Parallel Linq
Resharper tells us to convert for(each) loops to Linq. An argument I read was that Linq queries offer options for parallelization.
Iterate over each item in parallel, making it faster on hardware that offers more than one processor.
To put this to the test I made a quick experiment.
The Problem
To simulate a problem, I want to compare two byte arrays and count how many items are the same.
int Compare(byte[] dataA, byte[] dataB)
Implementations
First, the naive approach:
static int CompareNaive(byte[] dataA, byte[] dataB)
{
var result = 0;
for(var i = 0; i < dataA.Length; i++)
{
if (dataA[i] == dataB[i]) { result += 1; }
}
return result;
}
Then using Linq:
static int CompareLinq(byte[] dataA, byte[] dataB)
{
return dataA
.Select((data, index) => dataB[index] == data ? true : false)
.Count((result) => result);
}
I suspect there are multiple ways to do this in Linq, and I might not have taken the most efficient route.
Now, with Linq and some parallelization magic:
static int CompareLinqParallell(byte[] dataA, byte[] dataB)
{
return dataA
.AsParallel()
.Select((data, index) => dataB[index] == data ? true : false)
.Count((result) => result);
}
The AsParallel expression enables parallelization before the Select.
Results
For a 1000 iterations of each function, comparing two 1 MB (1024 * 1024 bytes) arrays.
Function | Average (ms) |
---|---|
CompareNaive | 0.846 |
CompareLinqParallell | 3.746 |
CompareLinq | 14.768 |
CompareNaive: 4153
CompareLinq: 4153
CompareLinqParallell: 4153
To begin press return.
Starting 'CompareNaive' ...
Ran 'CompareNaive' 1000 times in 00:00:00.8461644 (average of 0,8461644 ms).
To begin press return.
Starting 'CompareLinq' ...
Ran 'CompareLinq' 1000 times in 00:00:14.7678043 (average of 14,7678043 ms).
To begin press return.
Starting 'CompareLinqParallell' ...
Ran 'CompareLinqParallell' 1000 times in 00:00:03.7464192 (average of 3,7464192 ms).
CPU Usage
The naive approach (1) causes a little spike (around 40%) in some of the processors.
The regular Linq approach (2) uses quite a lot of processors for quite a long time. But not all of them.
The parallell Linq approach (3) takes all processors to 100%.
Note: this is on a 4 core machine with 8 logical processors.
Caution
The AsParallel expression can't just be put anywhere. Consider these two queries:
dataA
.AsParallel()
.Select((data, index) => dataB[index] == data ? true : false)
.Count((result) => result);
dataA
.AsParallel()
.Select((data, index) => dataB[index] == data ? true : false)
.AsParallel()
.Count((result) => result);
The latter is considerably slower. It takes a few seconds to execute it once for the 1 MB byte array.

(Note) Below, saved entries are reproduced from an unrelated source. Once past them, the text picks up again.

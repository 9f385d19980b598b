ghost use Rattle.std.specs.Prelude.{◌≡◌, ℕ, ◌<◌, false, MatchOption};
ghost use Rattle.assignments.specs.Cheapest.{cheapest as first_cheapest};
ghost use Rattle.search.specs.Rows.{place_at};
ghost use Rattle.search.specs.Root.{seat_of, empty_row, first_of};

use crate::cheapest::cheapest;
use crate::table::Table;
use tariff::Tariff;

// An executor for a whole query, and its price.
#[derive(Clone, Copy)]
pub struct Seat<P> {
    pub server: u16,
    pub price: P,
}

// The place of a node at a server, as a seat.
fn seat_at<P: Copy>(table: &Table<P>, node: u16, server: u16) -> Option<Seat<P>>
    ensures { result ≡ seat_of server (place_at table.now.places.now table.now.servers node server) }
{
    let price = table.at(node, server)?.price;
    Some(Seat { server, price })
}

// The first of the cheapest servers of a node's row.
pub(crate) fn choose<T: Tariff>(
    tariff: &T,
    table: &Table<T::Price>,
    node: u16,
) -> Option<Seat<T::Price>>
    ensures { result ≡ first_cheapest (T.pricing tariff.now).leq (λ q. q.price) (λ s. seat_of s (place_at table.now.places.now table.now.servers node s)) table.now.servers }
{
    cheapest(tariff, table.servers, |server| seat_at(table, node, server))
}

// Whether every place of a node's row is empty.
fn is_empty_row<P: Copy>(table: &Table<P>, node: u16) -> bool
    ensures { result ≡ empty_row (place_at table.now.places.now table.now.servers node) table.now.servers }
{
    (0..table.servers).all(|server| table.at(node, server).is_none())
}

// The lowest of the first nodes whose row is empty.
pub(crate) fn lowest_empty<P: Copy>(table: &Table<P>, nodes: u16) -> Option<u16>
    ensures { MatchOption result ((k : ℕ) → k < nodes → empty_row (place_at table.now.places.now table.now.servers k) table.now.servers ≡ false) (λ i. i ≡ first_of (λ k. empty_row (place_at table.now.places.now table.now.servers k) table.now.servers) 0 nodes) }
{
    (0..nodes).find(|node| is_empty_row(table, *node))
}
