// Policies and books: who may see what, by the rules in force.
#![tactic(auto)]

mod reading;
mod refusal;
mod traits;

pub use reading::{Viewed, is_inside, some_view_allows, view_allows};
pub use refusal::BookRefusal;
pub use traits::{Book, Policy};
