// The search: fills the work table with the cheapest safe ways to have each node of a query at each server.
#![tactic(auto)]

mod cheapest;
mod fill;
mod options;
mod root;
mod rows;
mod run;
mod sends;
mod table;

pub use root::Seat;
pub use run::{Blocked, Searched, search_tree};
pub use table::Table;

Additionally, if the data set is really small, the overhead of AsParellel might not be worth it at all.
Measuring Execution Time
To be complete, here's the crude way I measure the execution times:
static void Measure(string name, Action action, int iterations)
{
var sw = new Stopwatch();
Console.WriteLine($"Starting '{name}' ...");
sw.Start();
for (int i = 0; i < iterations; i++)
{
action();
}
sw.Stop();
var averageElapsed = sw.Elapsed.TotalMilliseconds / iterations;
Console.WriteLine($"Ran '{name}' {iterations} times in {sw.Elapsed} (average of {averageElapsed} ms).");
}
Conclusion
For this problem, the AsParallel expression will speed things up compared to a non-parallel Linq query.

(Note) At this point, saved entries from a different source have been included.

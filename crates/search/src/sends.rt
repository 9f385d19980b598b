ghost use Rattle.std.specs.Prelude.{◌≡◌, ℕ, ◌<◌, ◌≤◌, Bool};
ghost use Rattle.profile.specs.declared.shape.Profile.{Profile as Shape};
ghost use Rattle.profile.specs.declared.join.Join.{Join as Pair};
ghost use Rattle.assignments.specs.Modes.{releases, allowed};
ghost use Rattle.assignments.specs.Assignments.{own_price};
ghost use Rattle.search.specs.Sends.{Told, Sent};

use assignments::Mode;
use policy::Policy;
use profile::{Join, Profile, Side};
use sets::SmallSet;
use tariff::Tariff;

// A profile, and the servers that may see it.
#[derive(Clone, Copy)]
pub(crate) struct Sending {
    profile: Profile,
    receivers: SmallSet,
}

// All that the operands of a join may send one another: each operand whole, its join column, and the reply to that.
#[derive(Clone, Copy)]
pub(crate) struct Sends {
    left: Sending,
    right: Sending,
    left_column: Sending,
    left_reply: Sending,
    right_column: Sending,
    right_reply: Sending,
}

// Asks the policy, for each server, whether it may see the profile.
fn with_receivers<P: Policy>(policy: &P, servers: u16, profile: Profile) -> Sending
    requires { servers ≤ 16 }
    ensures { Told (P.Policy.reading policy.now (P.Policy.rules policy.now)) servers profile result }
{
    let mut receivers = SmallSet::empty();
    for server in 0..servers {
        if policy.allows(server, &profile) {
            receivers = receivers.insert(server).unwrap_or(receivers);
        }
    }
    Sending { profile, receivers }
}

// What a join may send, with the policy's answers for each server: one question for each profile and receiver.
pub(crate) fn sends_of<P: Policy>(policy: &P, servers: u16, join: &Join) -> Sends
    requires { servers ≤ 16 }
    ensures { Sent (P.Policy.reading policy.now (P.Policy.rules policy.now)) servers join.now result }
{
    Sends {
        left: with_receivers(policy, servers, join.operand(Side::Left)),
        right: with_receivers(policy, servers, join.operand(Side::Right)),
        left_column: with_receivers(policy, servers, join.column(Side::Left)),
        left_reply: with_receivers(policy, servers, join.reply(Side::Left)),
        right_column: with_receivers(policy, servers, join.column(Side::Right)),
        right_reply: with_receivers(policy, servers, join.reply(Side::Right)),
    }
}

// Whether each receiver may see what this mode sends, with the operands at these servers.
pub(crate) fn is_open(sends: &Sends, mode: Mode, left: u16, right: u16) -> bool
    ensures { (may : ℕ → Shape → Bool) (n : ℕ) (j : Pair) → Sent may n j sends.now → left < n → right < n → result ≡ allowed may (releases j mode left right) }
{
    match mode {
        Mode::Local => true,
        Mode::LeftMaster => sends.right.receivers.contains(left),
        Mode::LeftSemi => {
            sends.left_column.receivers.contains(right) && sends.left_reply.receivers.contains(left)
        }
        Mode::RightMaster => sends.left.receivers.contains(right),
        Mode::RightSemi => {
            sends.right_column.receivers.contains(left)
                && sends.right_reply.receivers.contains(right)
        }
    }
}

// A join's own price by this mode, with the operands at these servers.
pub(crate) fn price_of<T: Tariff>(
    tariff: &T,
    sends: &Sends,
    mode: Mode,
    left: u16,
    right: u16,
) -> T::Price
    ensures { (may : ℕ → Shape → Bool) (n : ℕ) (j : Pair) → Sent may n j sends.now → result ≡ own_price (T.pricing tariff.now) (releases j mode left right) }
{
    match mode {
        Mode::Local => tariff.nothing(),
        Mode::LeftMaster => tariff.price(right, left, &sends.right.profile),
        Mode::LeftSemi => tariff.join(
            tariff.price(left, right, &sends.left_column.profile),
            tariff.price(right, left, &sends.left_reply.profile),
        ),
        Mode::RightMaster => tariff.price(left, right, &sends.left.profile),
        Mode::RightSemi => tariff.join(
            tariff.price(right, left, &sends.right_column.profile),
            tariff.price(left, right, &sends.right_reply.profile),
        ),
    }
}
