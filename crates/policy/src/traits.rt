ghost use Rattle.std.specs.Prelude.{◌≡◌, ℕ, Bool, true, List, [], ◌∷◌};
ghost use Rattle.chart.specs.declared.state.Chart.{Chart};
ghost use Rattle.chart.specs.Charts.{layout};
ghost use Rattle.profile.specs.declared.shape.Profile.{Profile};
ghost use Rattle.rules.specs.declared.view.RuleRecord.{RuleRecord};
ghost use Rattle.policy.specs.Same.{Same};
ghost use Rattle.policy.specs.Books.{entry_answer, entry_list, withdrawal_answer, withdrawal_list, rules_after};
ghost use Rattle.policy.specs.Lawful.{Lawful};

use crate::refusal::BookRefusal;
use chart::Chart;
use profile::Profile;
use rules::RuleRecord;

// A list of rules in force, and a reading, which says for any list of rules which server may see which profile.
pub trait Policy {
    ghost charted: { Self → Chart };

    ghost rules: { Self → List RuleRecord };

    ghost reading: { Self → List RuleRecord → ℕ → Profile → Bool };

    ghost lawful: { (s : Self) → Lawful (charted s) (rules s) (reading s) };

    // The chart that the rules are about.
    fn chart(&self) -> &Chart
        ensures { result.now ≡ charted self.now };

    // Whether the rules in force, as this policy reads them, let the server see the profile.
    fn allows(&self, server: u16, profile: &Profile) -> bool
        ensures { result ≡ reading self.now (rules self.now) server profile.now };
}

// A policy that also takes entries and withdrawals, and says which lists of rules fit.
pub trait Book: Policy {
    ghost fits: { Self → List RuleRecord → Bool };

    // Puts a rule into force.
    fn enter(&mut self, given: RuleRecord) -> Result<(), BookRefusal>
        ensures answer { result ≡ entry_answer (layout (Self.Policy.charted self.old)) (fits self.old) (Self.Policy.rules self.old) given }
        ensures after { Same (Self.Policy.rules self.new) (entry_list (layout (Self.Policy.charted self.old)) (fits self.old) (Self.Policy.rules self.old) given) }
        ensures chart { Self.Policy.charted self.new ≡ Self.Policy.charted self.old }
        ensures reads { Self.Policy.reading self.new ≡ Self.Policy.reading self.old }
        ensures fitting { fits self.new ≡ fits self.old };

    // Withdraws the rule of this number.
    fn withdraw(&mut self, number: u16) -> Result<(), BookRefusal>
        ensures answer { result ≡ withdrawal_answer (Self.Policy.rules self.old) number }
        ensures after { Same (Self.Policy.rules self.new) (withdrawal_list (Self.Policy.rules self.old) number) }
        ensures chart { Self.Policy.charted self.new ≡ Self.Policy.charted self.old }
        ensures reads { Self.Policy.reading self.new ≡ Self.Policy.reading self.old }
        ensures fitting { fits self.new ≡ fits self.old };

    // A list of one rule fits.
    ghost lone: { (s : Self) (r : RuleRecord) → fits s (r ∷ []) ≡ true };

    // A fitting list less one rule fits.
    ghost less: { (s : Self) (r : RuleRecord) (xs : List RuleRecord) → fits s (r ∷ xs) ≡ true → fits s xs ≡ true };

    // The order of a list never matters.
    ghost alike: { (s : Self) (xs ys : List RuleRecord) → Same xs ys → fits s xs ≡ fits s ys };
}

The naive approach is the fastest and the least resource intensive. In my opinion, it's also the easiest to read.
Of course, it depends a lot on what you're doing in the loop. Linq is really powerful and in some cases makes your code easier to read and maintain.
Additionally, if the query is not executed frequently or on small data sets, there's probably no point in worrying about this.